Genau das ist der Grund. Ohne die Berichterstattung wäre es nicht besonders interessant den Zoll, The Sun, etc zu hacken. Glaube allerdings schon, dass die Hacks nicht mehr, dafür aber auch andere Ziele gerichtet sind.

Ich find es mittlerweile auch ziemlich nervig... Hehe war noch nirgendwo angemeldet, was gehackt wurde  

grettings  needit  ^^


----------



## Adam West (19. Juli 2011)

Dr Bakterius schrieb:


> Verdient oder nicht, das Gehacke nervt mittlerweile nur noch


 
Ach mich nicht. Wir sind eben in der Era der Cyberkriege angekommen und z.Zt. tobt einer. 
Diejenigen, die es richtig verdient haben, werden bisher noch verschont, z.B. gierige Bankenchefs und andere, die nur auf ihren persönlichen Reichtum auf Kosten anderer hinarbeiten.

MfG


----------



## evosociety (19. Juli 2011)

Weil das jaaaa so eine Leistung ist 

Baaaaaaaah Lulzsec macht euch nicht weiter lächerlich ihr kleinen Kid's :-/

Hier mal ein Video damit ihr mal seht wie leicht das eigentlich was die Kid's alles machen.....
Das die einen redirect der URL einstellen konnten liegt auch nur am offenen remote mySQL Port von der Sun.
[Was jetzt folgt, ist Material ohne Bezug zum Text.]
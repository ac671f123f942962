// The two halves of a step under LRU: where the old entry stands, and the shift of all that stands before it. Finding goes by
// blocks whose places are compared many at once: a search from place to place took half as long again where the entry is
// missed, and a test of the whole list before that search a sixth longer where it is found.
ghost use Rattle.step.specs.Shifting.{Found, Free};
ghost use Rattle.std.specs.Prelude.{◌+◌, ◌<◌, length, take, drop, ◌∷◌, ◌++◌, ◌≡◌, eqb};
ghost use Rattle.std.specs.List.{position};

const BLOCK: usize = 8;

// So many first places can be passed over: whole blocks without the old entry.
fn passed(list: &[u32], old: u32) -> usize
    ensures { Free old result list.now }
{
    let (blocks, _) = list.as_chunks::<BLOCK>();
    for (i, block) in blocks.iter().enumerate() {
        if block.contains(&old) {
            return BLOCK * i;
        }
    }
    BLOCK * blocks.len()
}

// The first of some places that has the entry.
fn place_of(list: &[u32], old: u32) -> Option<usize>
    ensures { result ≡ position (λ entry. eqb entry old) list.now }
{
    list.iter().position(|&entry| entry == old)
}

// The place of the old entry, from 0.
pub(crate) fn find(list: &[u32], old: u32) -> Option<usize>
    ensures { Found old list.now result }
{
    let from = passed(list, old);
    let behind = place_of(&list[from..], old)?;
    Some(from + behind)
}

// The entry goes to place 1, and the first `to` places each one down, over the place behind them.
pub(crate) fn shift_down(list: &mut [u32], to: usize, first: u32)
    requires { to < length list.old }
    ensures { list.new ≡ first ∷ (take to list.old ++ drop (to + 1) list.old) }
{
    list.copy_within(0..to, 1);
    list[0] = first;
}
Ein Video dazu werd ich nach der Schule uppen. 

Gott, wenn ich die Möglichkeiten der Behörden hätte. Ich würde die kids übermorgen haben.


----------



## BabaYaga (19. Juli 2011)

evosociety schrieb:


> Weil das jaaaa so eine Leistung ist
> 
> Baaaaaaaah Lulzsec macht euch nicht weiter lächerlich ihr kleinen Kid's :-/
> 
> Hier mal ein Video damit ihr mal seht wie leicht das eigentlich was die Kid's alles machen.....



Mir persönlich egal wie leicht/schwer das ist, sie tun zumindest was.
Nicht wie 99% der Leute die überall nur rummaulen und nörgeln weil die böse Welt sie ja so hasst und sie alle so arm sind etc


----------



## Bamboocha2510 (19. Juli 2011)

Lol, das kann doch jeder doof,ne internetseite eintippern und die ganze zeit anpingen... dafür muss man noch nichtmal grips haben...
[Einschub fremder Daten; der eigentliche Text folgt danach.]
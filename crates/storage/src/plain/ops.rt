ghost use Rattle.std.specs.Prelude.{◌≡◌, ◌<◌, ◌≤◌, [], length, slice_index_or, slice_set};
ghost use Rattle.model.specs.Roots.{blank_node};
ghost use Rattle.storage.specs.PlainStores.{capacity_of, nodes_of};
ghost use Rattle.storage.specs.Stores.{capacity_for, Finds};

use super::PlainStore;
use crate::limit::capacity_for;
use crate::store::Store;
use model::{Fault, Node, Refusal};

impl<'a> PlainStore<'a> {
    /// A store of no nodes over this memory, whatever it held.
    pub fn new(cells: &'a mut [Node]) -> PlainStore<'a>
        ensures nodes { nodes_of result ≡ [] }
        ensures capacity { capacity_of result ≡ capacity_for (length cells.old) }
        ensures cells { result.cells.now ≡ cells.old }
        ensures lent { result.cells.ghost_name ≡ cells.entry.ghost_name }
    {
        PlainStore { cells, len: 0 }
    }

    // The node in a cell. Cells are read and written by these two functions alone, so that another form of the
    // cells touches no other.
    fn read(&self, place: usize) -> Node
        requires { place < length self.now.cells.now }
        ensures { result ≡ slice_index_or self.now.cells.now place blank_node }
    {
        self.cells[place]
    }

    // Puts a node into a cell behind the nodes that are held.
    fn write(&mut self, place: usize, node: Node)
        requires behind { self.old.len ≤ place }
        requires inside { place < length self.old.cells.now }
        ensures cells { self.new.cells.now ≡ slice_set self.old.cells.now place node }
        ensures len { self.new.len ≡ self.old.len }
        ensures lent { self.new.cells.ghost_name ≡ self.old.cells.ghost_name }
    {
        self.cells[place] = node;
    }

    // The place of a node.
    fn find(&self, node: Node) -> Option<usize>
        ensures { Finds (nodes_of self.now) node result }
    {
        (0..self.len).find(|place| self.read(*place) == node)
    }
}

impl Store for PlainStore<'_> {
    ghost nodes = { nodes_of };

    ghost capacity = { capacity_of };

    ghost lent = { λ s. s.cells.ghost_name };

    ghost stored = { λ s. s.stored };

    fn clear(&mut self) {
        self.len = 0;
    }

    fn find_or_add(&mut self, node: Node) -> Result<usize, Fault> {
        if let Some(place) = self.find(node) {
            return Ok(place);
        }
        let place = self.len;
        if place == self.capacity() {
            return Err(Refusal::StoreFull.at(0));
        }
        self.write(place, node);
        self.len = place + 1;
        Ok(place)
    }

    fn cut(&mut self, count: usize) {
        self.len = self.len.min(count);
    }

    fn capacity(&self) -> usize {
        capacity_for(self.cells.len())
    }

    fn len(&self) -> usize {
        self.len
    }

    fn node(&self, place: usize) -> Option<Node> {
        // `then(|| self.read(place))` was tried: left open is that the node it answers is the one in the cell
        if place < self.len {
            Some(self.read(place))
        } else {
            None
        }
    }
}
wieder einmal bestätigt sich mein bild von den Spacken


----------



## evosociety (19. Juli 2011)

Dir ist schon klar das du durch reines anpingen eine seite nicht in der geschwindigkeit down kriegst  in dem video das ist eine übers tor-netzwerk geleitete SYN-flood attacke.


----------



## Rizzard (19. Juli 2011)

Es ist völlig egal wieso gehäckt wird. Diese Gruppen stehen nunmal nicht über dem Gesetz. Solch selbst ernannte Robin Hoods kann ich einfach nicht ab.


----------



## inzpekta (19. Juli 2011)

Ich halte es wie der Doc und Connervos. Es nervt, und die News dazu auch!
Und ich glaube nicht das die sich als Robin Hoods sehen. Wohl eher als Retter der Menschheit und Verfechter der Informationsfreiheit.
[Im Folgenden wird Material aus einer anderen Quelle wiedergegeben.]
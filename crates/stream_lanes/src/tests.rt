ghost use Rattle.std.specs.Prelude.{◌≡◌, ◌≤◌};
ghost use Rattle.block_library.specs.Producer.{FitsPlan};

use crate::{Drain, Edges, FreeGate, Gate, Source};
use block_library::TxPlan;
use chdr_packets::Packet;
use chdr_words::Epid;
use credit_lane::{Lane, LanePlan};
use rf_base::Memory;
use std::alloc::Global;
use std::sync::atomic::{AtomicBool, AtomicU64, Ordering};
use std::test::Fail;

/// A plan of so many packets of two samples.
fn makes(packets: u32) -> TxPlan
    requires { packets ≤ 16384 }
    ensures fits { FitsPlan result }
    ensures packets { result.packets ≡ packets }
{
    TxPlan {
        packets,
        spp: 2,
        item: 4,
        time: None,
        dst: Epid(7),
    }
}

/// Whether these are the first packets of a plan.
fn are_made(alloc: Global, plan: &TxPlan, packets: &[Packet]) -> Result<bool, Memory>
    requires { FitsPlan plan.now }
{
    let mut k = 0;
    for packet in packets {
        if k >= plan.packets || *packet != plan.packet(alloc, k)? {
            return Ok(false);
        }
        k += 1;
    }
    Ok(true)
}

#[test]
fn a_drain_takes_what_a_source_puts(rt: HostRuntime) -> Result<(), Fail> {
    let alloc = rt.alloc();
    let plan = makes(3);
    let mut lane = Lane::new(alloc, LanePlan::Producer(plan), 2)?;
    let (tx, rx) = lane.split();
    let mut edges = Edges {
        sources: vec![in alloc; Source::new(0, tx, plan)]?,
        drains: vec![in alloc; Drain::new(alloc, 0, rx)]?,
    };
    for _round in 0..8 {
        edges.work(&rt, alloc, &FreeGate);
    }
    for drain in &edges.drains {
        assert!(rt; drain.ended().is_ok() && !drain.moved());
        assert_eq!(rt; drain.list().len(), 3);
        assert!(rt; are_made(alloc, &plan, drain.list())?);
    }
    for source in &edges.sources {
        assert!(rt; source.ended().is_ok() && !source.moved());
    }
    Ok(())
}

/// A gate that counts who passes it, and with which numbers.
#[derive(Drop)]
struct Counting {
    sources: AtomicU64,
    packets: AtomicU64,
    drains: AtomicU64,
    rounds: AtomicU64,
}

impl Gate for Counting {
    fn pass(&self, stream: u16, number: u64) {
        if stream == 5 {
            self.sources.fetch_add(1, Ordering::SeqCst);
            self.packets.fetch_add(number, Ordering::SeqCst);
        }
        if stream == 32_773 {
            self.drains.fetch_add(1, Ordering::SeqCst);
            self.rounds.fetch_add(number, Ordering::SeqCst);
        }
    }
}

#[test]
fn workers_pass_the_gate_with_their_numbers(rt: HostRuntime) -> Result<(), Fail> {
    let alloc = rt.alloc();
    let plan = makes(4);
    let mut lane = Lane::new(alloc, LanePlan::Producer(plan), 4)?;
    let (tx, rx) = lane.split();
    let mut edges = Edges {
        sources: vec![in alloc; Source::new(5, tx, plan)]?,
        drains: vec![in alloc; Drain::new(alloc, 5, rx)]?,
    };
    let gate = Counting {
        sources: AtomicU64::new(0),
        packets: AtomicU64::new(0),
        drains: AtomicU64::new(0),
        rounds: AtomicU64::new(0),
    };
    for _round in 0..3 {
        edges.work(&rt, alloc, &gate);
    }
    assert_eq!(rt; gate.sources.load(Ordering::SeqCst), 4);
    assert_eq!(rt; gate.packets.load(Ordering::SeqCst), 6);
    assert_eq!(rt; gate.drains.load(Ordering::SeqCst), 3);
    assert_eq!(rt; gate.rounds.load(Ordering::SeqCst), 3);
    Ok(())
}

/// A gate at which a source's first packet and a drain's first round wait for one another.
#[derive(Drop)]
struct Meeting {
    source: AtomicBool,
    drain: AtomicBool,
    missed: AtomicBool,
}

/// How often a worker looks whether the other one came.
const TURNS: u64 = 1_000_000_000;

/// Whether the flag is set within so many turns.
fn comes(flag: &AtomicBool) -> bool {
    for _turn in 0..TURNS {
        if flag.load(Ordering::SeqCst) {
            return true;
        }
    }
    false
}

impl Meeting {
    /// Shows that one came, and waits for the other.
    fn meet(&self, own: &AtomicBool, other: &AtomicBool) {
        own.store(true, Ordering::SeqCst);
        if !comes(other) {
            self.missed.store(true, Ordering::SeqCst);
        }
    }
}

impl Gate for Meeting {
    fn pass(&self, stream: u16, number: u64) {
        if stream == 0 && number == 0 {
            self.meet(&self.source, &self.drain);
        }
        if stream == 32_768 && number == 0 {
            self.meet(&self.drain, &self.source);
        }
    }
}

#[test]
fn a_source_and_a_drain_work_at_once(rt: HostRuntime) -> Result<(), Fail> {
    let alloc = rt.alloc();
    let plan = makes(1);
    let mut lane = Lane::new(alloc, LanePlan::Producer(plan), 1)?;
    let (tx, rx) = lane.split();
    let mut edges = Edges {
        sources: vec![in alloc; Source::new(0, tx, plan)]?,
        drains: vec![in alloc; Drain::new(alloc, 0, rx)]?,
    };
    let gate = Meeting {
        source: AtomicBool::new(false),
        drain: AtomicBool::new(false),
        missed: AtomicBool::new(false),
    };
    edges.work(&rt, alloc, &gate);
    assert!(rt; !gate.missed.load(Ordering::SeqCst));
    assert!(rt; gate.source.load(Ordering::SeqCst) && gate.drain.load(Ordering::SeqCst));
    Ok(())
}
Es gibt einfach Bereiche die interessieren den Normalo nicht. Selbst wenn, was erreichen die damit außer Aufmerksamkeit.
Ein pöbelnder Mob wird sich hierzulande wohl kaum deshalb bilden.

Also für mich mal wieder ne völlig überflüssige Aktion!


----------



## Bamboocha2510 (19. Juli 2011)

evosociety schrieb:


> Dir ist schon klar das du durch reines anpingen eine seite nicht in der geschwindigkeit down kriegst  in dem video das ist eine übers tor-netzwerk geleitete SYN-flood attacke.


 
tor netzqwerk, syn flood what ever... es sind tools, die von jedem Deppen bedient werden können...


----------



## evosociety (19. Juli 2011)

Ehn naja. Dieser "depp" muss diese aber auch vorher entwickeln


----------



## evosociety (19. Juli 2011)

Doppelpost bitte löschen


----------



## Micha1994 (19. Juli 2011)

Ich dachte LulzSec haben sich aufgelöst hab ich da etwas verpasst ?


----------



## Amigo (19. Juli 2011)

Wenn Anon & Co. mehr Aktionen gegen die schwarzen Schafe in unserer Gesellschaft bringt würde ich das begrüßen!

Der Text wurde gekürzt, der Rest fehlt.